Data entries
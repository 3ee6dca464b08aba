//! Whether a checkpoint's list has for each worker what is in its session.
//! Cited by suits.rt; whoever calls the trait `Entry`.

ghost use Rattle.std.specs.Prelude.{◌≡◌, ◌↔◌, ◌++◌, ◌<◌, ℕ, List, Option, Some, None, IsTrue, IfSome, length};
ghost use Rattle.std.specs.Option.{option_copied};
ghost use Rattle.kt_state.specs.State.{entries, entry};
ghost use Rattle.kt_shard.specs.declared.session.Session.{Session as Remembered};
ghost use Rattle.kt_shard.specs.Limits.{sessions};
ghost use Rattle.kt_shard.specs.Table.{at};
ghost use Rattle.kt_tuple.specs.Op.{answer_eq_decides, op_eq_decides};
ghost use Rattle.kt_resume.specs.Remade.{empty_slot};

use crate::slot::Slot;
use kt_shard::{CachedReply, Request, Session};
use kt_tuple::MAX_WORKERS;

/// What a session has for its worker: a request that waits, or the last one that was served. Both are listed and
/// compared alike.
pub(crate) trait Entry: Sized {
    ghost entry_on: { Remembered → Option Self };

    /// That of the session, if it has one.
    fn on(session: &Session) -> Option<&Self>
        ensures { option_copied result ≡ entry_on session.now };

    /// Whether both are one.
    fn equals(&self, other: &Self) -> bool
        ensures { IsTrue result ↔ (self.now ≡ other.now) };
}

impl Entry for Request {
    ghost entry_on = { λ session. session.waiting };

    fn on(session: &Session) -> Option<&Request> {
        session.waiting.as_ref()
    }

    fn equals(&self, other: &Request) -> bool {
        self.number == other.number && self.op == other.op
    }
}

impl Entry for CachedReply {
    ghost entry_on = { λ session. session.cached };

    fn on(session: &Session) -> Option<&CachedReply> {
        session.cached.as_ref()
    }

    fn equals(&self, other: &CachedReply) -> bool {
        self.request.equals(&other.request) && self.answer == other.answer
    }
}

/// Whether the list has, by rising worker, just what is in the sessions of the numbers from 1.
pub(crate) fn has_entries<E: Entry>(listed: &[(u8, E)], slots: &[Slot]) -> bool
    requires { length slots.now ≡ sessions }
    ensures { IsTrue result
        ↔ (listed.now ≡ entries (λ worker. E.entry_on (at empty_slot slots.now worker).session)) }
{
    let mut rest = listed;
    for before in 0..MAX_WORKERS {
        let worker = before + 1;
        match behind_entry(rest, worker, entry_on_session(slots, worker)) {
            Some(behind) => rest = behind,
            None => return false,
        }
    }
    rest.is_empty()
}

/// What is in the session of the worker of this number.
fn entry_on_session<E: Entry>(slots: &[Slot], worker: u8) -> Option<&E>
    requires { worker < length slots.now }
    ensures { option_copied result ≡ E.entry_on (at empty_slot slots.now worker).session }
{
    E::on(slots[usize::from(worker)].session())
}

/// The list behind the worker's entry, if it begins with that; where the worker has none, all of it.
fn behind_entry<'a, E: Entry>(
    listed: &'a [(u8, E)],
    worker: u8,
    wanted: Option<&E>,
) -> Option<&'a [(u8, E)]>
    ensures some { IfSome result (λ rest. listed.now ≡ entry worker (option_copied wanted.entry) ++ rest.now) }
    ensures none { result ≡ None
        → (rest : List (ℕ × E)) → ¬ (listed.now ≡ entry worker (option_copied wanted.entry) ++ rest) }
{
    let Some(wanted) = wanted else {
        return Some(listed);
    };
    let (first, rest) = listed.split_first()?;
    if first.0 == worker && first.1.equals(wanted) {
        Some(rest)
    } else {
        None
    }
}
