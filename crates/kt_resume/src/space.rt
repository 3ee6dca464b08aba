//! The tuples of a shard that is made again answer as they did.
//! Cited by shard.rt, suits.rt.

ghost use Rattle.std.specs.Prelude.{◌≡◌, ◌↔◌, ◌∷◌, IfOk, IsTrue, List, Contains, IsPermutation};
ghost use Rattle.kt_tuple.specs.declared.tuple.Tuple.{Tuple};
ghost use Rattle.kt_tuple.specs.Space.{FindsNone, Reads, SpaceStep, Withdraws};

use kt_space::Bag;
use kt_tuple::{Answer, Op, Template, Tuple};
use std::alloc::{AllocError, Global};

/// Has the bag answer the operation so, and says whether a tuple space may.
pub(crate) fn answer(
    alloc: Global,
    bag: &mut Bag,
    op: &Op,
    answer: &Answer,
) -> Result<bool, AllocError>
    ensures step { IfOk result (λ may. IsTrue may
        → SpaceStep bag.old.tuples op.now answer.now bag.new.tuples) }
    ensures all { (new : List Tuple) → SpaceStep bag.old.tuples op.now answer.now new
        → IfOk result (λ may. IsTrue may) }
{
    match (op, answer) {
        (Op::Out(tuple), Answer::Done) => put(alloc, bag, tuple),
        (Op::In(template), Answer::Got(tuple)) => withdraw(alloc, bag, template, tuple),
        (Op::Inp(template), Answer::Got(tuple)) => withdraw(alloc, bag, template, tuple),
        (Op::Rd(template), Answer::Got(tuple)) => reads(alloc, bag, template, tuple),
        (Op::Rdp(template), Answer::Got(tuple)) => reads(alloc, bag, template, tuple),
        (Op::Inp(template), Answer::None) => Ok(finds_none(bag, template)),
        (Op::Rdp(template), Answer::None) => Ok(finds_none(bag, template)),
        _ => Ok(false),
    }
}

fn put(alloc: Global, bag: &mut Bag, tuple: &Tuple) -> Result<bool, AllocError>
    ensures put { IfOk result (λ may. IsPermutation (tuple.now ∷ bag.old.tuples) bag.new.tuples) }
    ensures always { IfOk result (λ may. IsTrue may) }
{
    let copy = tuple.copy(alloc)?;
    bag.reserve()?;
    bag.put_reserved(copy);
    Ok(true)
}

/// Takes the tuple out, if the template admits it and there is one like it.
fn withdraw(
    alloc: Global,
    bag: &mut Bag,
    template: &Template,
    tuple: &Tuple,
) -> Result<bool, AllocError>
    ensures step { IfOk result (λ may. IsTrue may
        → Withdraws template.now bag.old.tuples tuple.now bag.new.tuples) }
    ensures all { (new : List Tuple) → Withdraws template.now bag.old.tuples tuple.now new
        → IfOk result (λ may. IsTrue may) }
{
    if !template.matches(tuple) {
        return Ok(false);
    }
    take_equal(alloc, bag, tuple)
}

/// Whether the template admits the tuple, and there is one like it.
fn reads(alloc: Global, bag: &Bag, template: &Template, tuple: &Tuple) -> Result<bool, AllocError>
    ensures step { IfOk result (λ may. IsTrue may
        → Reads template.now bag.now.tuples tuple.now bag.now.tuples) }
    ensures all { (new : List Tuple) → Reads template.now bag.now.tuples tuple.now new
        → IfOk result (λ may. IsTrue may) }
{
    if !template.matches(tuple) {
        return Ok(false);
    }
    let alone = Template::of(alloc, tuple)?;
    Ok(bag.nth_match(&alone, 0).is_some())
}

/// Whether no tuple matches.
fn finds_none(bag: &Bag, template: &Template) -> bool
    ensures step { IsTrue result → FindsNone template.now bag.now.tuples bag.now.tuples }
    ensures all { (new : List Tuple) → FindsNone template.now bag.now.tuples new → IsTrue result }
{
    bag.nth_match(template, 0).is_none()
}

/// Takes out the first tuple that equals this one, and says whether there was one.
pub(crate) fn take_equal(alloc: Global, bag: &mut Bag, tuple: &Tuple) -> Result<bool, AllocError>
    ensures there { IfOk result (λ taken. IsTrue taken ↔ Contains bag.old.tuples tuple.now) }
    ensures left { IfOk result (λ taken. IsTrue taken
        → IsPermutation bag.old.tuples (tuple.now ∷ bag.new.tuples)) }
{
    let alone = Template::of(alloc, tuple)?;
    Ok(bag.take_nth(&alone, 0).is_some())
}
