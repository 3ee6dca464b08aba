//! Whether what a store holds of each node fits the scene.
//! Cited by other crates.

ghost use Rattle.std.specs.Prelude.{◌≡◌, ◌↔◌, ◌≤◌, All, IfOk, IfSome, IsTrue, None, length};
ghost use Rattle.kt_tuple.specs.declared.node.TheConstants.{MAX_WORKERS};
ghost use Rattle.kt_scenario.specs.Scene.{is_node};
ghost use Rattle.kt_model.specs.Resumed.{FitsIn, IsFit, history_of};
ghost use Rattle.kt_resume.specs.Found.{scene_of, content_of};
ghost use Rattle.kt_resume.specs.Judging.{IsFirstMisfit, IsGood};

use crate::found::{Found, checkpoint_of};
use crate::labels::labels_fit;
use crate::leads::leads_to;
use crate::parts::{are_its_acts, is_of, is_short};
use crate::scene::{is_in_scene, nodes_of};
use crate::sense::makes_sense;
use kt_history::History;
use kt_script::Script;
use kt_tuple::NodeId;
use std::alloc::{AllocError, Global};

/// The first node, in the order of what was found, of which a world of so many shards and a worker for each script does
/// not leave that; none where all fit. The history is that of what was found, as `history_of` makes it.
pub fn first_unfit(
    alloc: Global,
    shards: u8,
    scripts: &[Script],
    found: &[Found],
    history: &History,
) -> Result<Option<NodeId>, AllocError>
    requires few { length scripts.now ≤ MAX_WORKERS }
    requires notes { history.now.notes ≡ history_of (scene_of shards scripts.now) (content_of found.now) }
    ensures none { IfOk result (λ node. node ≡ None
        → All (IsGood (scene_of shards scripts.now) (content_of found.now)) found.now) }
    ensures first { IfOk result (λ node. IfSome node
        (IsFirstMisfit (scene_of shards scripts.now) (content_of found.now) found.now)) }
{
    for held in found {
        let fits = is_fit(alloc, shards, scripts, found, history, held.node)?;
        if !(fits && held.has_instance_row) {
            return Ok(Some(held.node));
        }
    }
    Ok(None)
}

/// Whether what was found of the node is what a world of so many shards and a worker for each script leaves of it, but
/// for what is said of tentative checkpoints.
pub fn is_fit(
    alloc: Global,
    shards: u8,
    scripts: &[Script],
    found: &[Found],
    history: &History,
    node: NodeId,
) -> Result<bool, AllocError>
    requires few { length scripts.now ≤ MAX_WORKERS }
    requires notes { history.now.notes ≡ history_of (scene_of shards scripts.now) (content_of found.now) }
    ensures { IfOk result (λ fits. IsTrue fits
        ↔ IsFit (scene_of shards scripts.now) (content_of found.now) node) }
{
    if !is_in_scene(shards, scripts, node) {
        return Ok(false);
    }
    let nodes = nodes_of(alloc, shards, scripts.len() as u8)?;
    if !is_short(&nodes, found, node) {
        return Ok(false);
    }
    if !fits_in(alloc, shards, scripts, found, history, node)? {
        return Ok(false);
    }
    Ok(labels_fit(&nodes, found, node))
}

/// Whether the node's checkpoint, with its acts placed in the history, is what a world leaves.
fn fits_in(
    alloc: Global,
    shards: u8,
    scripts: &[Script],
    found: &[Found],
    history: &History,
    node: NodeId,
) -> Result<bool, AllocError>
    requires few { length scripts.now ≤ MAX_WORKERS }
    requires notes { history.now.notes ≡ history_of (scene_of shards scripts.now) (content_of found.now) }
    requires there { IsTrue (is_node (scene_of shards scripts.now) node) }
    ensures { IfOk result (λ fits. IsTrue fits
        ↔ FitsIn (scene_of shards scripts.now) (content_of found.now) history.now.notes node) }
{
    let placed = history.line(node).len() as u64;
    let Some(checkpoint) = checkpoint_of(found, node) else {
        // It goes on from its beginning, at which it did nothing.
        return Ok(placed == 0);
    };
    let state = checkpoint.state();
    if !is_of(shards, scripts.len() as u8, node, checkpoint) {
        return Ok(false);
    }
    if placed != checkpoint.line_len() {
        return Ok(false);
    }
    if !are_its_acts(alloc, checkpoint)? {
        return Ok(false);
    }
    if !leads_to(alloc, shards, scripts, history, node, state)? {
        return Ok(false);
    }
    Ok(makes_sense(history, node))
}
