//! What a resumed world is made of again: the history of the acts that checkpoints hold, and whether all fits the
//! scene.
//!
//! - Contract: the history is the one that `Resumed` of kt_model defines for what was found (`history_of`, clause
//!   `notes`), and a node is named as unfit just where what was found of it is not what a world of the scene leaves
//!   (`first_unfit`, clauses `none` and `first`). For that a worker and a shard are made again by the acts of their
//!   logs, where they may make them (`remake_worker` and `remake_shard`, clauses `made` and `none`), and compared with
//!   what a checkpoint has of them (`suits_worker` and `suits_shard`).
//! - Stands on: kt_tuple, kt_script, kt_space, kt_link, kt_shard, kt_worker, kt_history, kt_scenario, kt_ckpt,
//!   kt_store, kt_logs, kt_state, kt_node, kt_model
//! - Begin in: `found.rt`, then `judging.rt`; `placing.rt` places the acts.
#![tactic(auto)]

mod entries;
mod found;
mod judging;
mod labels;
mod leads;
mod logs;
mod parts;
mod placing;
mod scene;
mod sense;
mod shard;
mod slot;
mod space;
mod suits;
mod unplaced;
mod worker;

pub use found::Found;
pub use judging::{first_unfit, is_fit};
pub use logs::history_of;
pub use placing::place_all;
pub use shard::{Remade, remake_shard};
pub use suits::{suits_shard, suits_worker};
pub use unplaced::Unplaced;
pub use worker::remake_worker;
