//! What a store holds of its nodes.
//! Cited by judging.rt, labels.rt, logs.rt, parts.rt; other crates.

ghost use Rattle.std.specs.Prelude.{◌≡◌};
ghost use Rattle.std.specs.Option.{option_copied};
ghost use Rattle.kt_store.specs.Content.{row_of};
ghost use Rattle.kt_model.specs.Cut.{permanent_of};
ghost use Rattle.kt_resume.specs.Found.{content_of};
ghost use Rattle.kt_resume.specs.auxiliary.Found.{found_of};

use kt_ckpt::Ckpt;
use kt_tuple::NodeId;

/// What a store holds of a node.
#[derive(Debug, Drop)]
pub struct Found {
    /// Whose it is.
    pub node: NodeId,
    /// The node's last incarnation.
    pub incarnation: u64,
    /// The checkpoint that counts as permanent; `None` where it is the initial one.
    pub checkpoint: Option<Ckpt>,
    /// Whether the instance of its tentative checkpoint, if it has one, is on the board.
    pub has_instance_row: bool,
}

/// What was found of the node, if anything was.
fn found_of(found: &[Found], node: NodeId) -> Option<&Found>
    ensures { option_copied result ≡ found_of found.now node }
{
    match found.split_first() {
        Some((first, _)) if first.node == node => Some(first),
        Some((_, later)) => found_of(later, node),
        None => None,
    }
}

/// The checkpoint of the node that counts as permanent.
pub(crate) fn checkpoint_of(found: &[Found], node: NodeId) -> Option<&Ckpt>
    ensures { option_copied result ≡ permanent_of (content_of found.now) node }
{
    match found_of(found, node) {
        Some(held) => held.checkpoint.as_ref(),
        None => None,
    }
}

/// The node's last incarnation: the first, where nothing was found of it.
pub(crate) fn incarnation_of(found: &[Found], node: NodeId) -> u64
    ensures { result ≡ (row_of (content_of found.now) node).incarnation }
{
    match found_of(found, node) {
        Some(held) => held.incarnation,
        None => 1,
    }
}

--

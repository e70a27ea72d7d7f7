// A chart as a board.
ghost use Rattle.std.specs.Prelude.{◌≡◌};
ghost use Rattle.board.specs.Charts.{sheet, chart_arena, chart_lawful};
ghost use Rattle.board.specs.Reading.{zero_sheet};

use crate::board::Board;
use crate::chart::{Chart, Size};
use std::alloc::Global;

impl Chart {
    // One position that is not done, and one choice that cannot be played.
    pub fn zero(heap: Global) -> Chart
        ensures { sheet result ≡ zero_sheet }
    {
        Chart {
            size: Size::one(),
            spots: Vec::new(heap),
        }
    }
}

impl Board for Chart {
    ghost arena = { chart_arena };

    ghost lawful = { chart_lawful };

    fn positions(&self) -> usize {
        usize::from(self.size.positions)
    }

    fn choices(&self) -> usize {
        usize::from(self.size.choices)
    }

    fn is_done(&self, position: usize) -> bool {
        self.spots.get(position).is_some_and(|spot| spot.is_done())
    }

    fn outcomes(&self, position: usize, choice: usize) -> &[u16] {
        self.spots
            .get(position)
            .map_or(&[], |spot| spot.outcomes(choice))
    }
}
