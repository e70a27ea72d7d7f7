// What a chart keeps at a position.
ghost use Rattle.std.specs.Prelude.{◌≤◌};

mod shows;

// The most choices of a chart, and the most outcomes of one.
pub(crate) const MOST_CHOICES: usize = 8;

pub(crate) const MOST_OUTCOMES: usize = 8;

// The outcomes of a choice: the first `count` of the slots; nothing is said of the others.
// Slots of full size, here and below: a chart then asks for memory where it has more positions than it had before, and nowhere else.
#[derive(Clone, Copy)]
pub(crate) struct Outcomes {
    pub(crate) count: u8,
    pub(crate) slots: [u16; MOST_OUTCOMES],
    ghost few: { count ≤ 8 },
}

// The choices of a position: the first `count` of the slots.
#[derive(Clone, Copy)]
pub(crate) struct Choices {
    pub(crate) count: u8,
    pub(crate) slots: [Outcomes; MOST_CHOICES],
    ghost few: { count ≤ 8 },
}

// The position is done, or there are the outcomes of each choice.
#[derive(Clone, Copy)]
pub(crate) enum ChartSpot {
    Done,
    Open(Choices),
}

--

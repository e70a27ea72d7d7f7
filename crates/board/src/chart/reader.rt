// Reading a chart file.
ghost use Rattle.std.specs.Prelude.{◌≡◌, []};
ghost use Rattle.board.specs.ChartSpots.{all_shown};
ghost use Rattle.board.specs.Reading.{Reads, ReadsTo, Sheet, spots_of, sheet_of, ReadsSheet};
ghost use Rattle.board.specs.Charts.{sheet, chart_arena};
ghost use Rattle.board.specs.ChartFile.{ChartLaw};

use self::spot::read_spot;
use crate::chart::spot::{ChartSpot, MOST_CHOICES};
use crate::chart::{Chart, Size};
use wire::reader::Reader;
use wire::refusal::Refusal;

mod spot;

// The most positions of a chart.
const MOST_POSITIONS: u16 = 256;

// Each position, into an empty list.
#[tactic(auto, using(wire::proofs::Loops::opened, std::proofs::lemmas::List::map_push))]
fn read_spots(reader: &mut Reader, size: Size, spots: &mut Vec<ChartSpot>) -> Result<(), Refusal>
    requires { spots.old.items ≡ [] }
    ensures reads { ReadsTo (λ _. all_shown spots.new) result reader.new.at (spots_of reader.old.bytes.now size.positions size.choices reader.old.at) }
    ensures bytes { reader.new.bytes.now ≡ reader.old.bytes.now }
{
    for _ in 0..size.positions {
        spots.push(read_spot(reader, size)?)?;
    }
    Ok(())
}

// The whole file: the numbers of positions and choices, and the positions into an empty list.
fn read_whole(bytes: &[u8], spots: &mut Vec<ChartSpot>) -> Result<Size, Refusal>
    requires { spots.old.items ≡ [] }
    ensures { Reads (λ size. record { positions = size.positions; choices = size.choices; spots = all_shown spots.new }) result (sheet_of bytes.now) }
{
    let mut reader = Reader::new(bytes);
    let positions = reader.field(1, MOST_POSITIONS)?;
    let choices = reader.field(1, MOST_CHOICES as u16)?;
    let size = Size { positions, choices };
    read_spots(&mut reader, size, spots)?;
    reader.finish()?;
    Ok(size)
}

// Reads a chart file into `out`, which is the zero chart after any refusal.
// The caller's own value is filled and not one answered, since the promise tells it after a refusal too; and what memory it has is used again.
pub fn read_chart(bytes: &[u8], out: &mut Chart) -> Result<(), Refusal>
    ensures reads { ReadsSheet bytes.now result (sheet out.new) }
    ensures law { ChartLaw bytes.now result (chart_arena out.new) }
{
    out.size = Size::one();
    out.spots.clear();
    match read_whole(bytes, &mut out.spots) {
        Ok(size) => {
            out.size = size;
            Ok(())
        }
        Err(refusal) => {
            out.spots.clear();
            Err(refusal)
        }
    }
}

__What the exercise asks__: Lines from the records above that hold "impl" are the ones to list.

__Output__:
impl Entry for Request {
impl Entry for CachedReply {
impl Chart {
impl Board for Chart {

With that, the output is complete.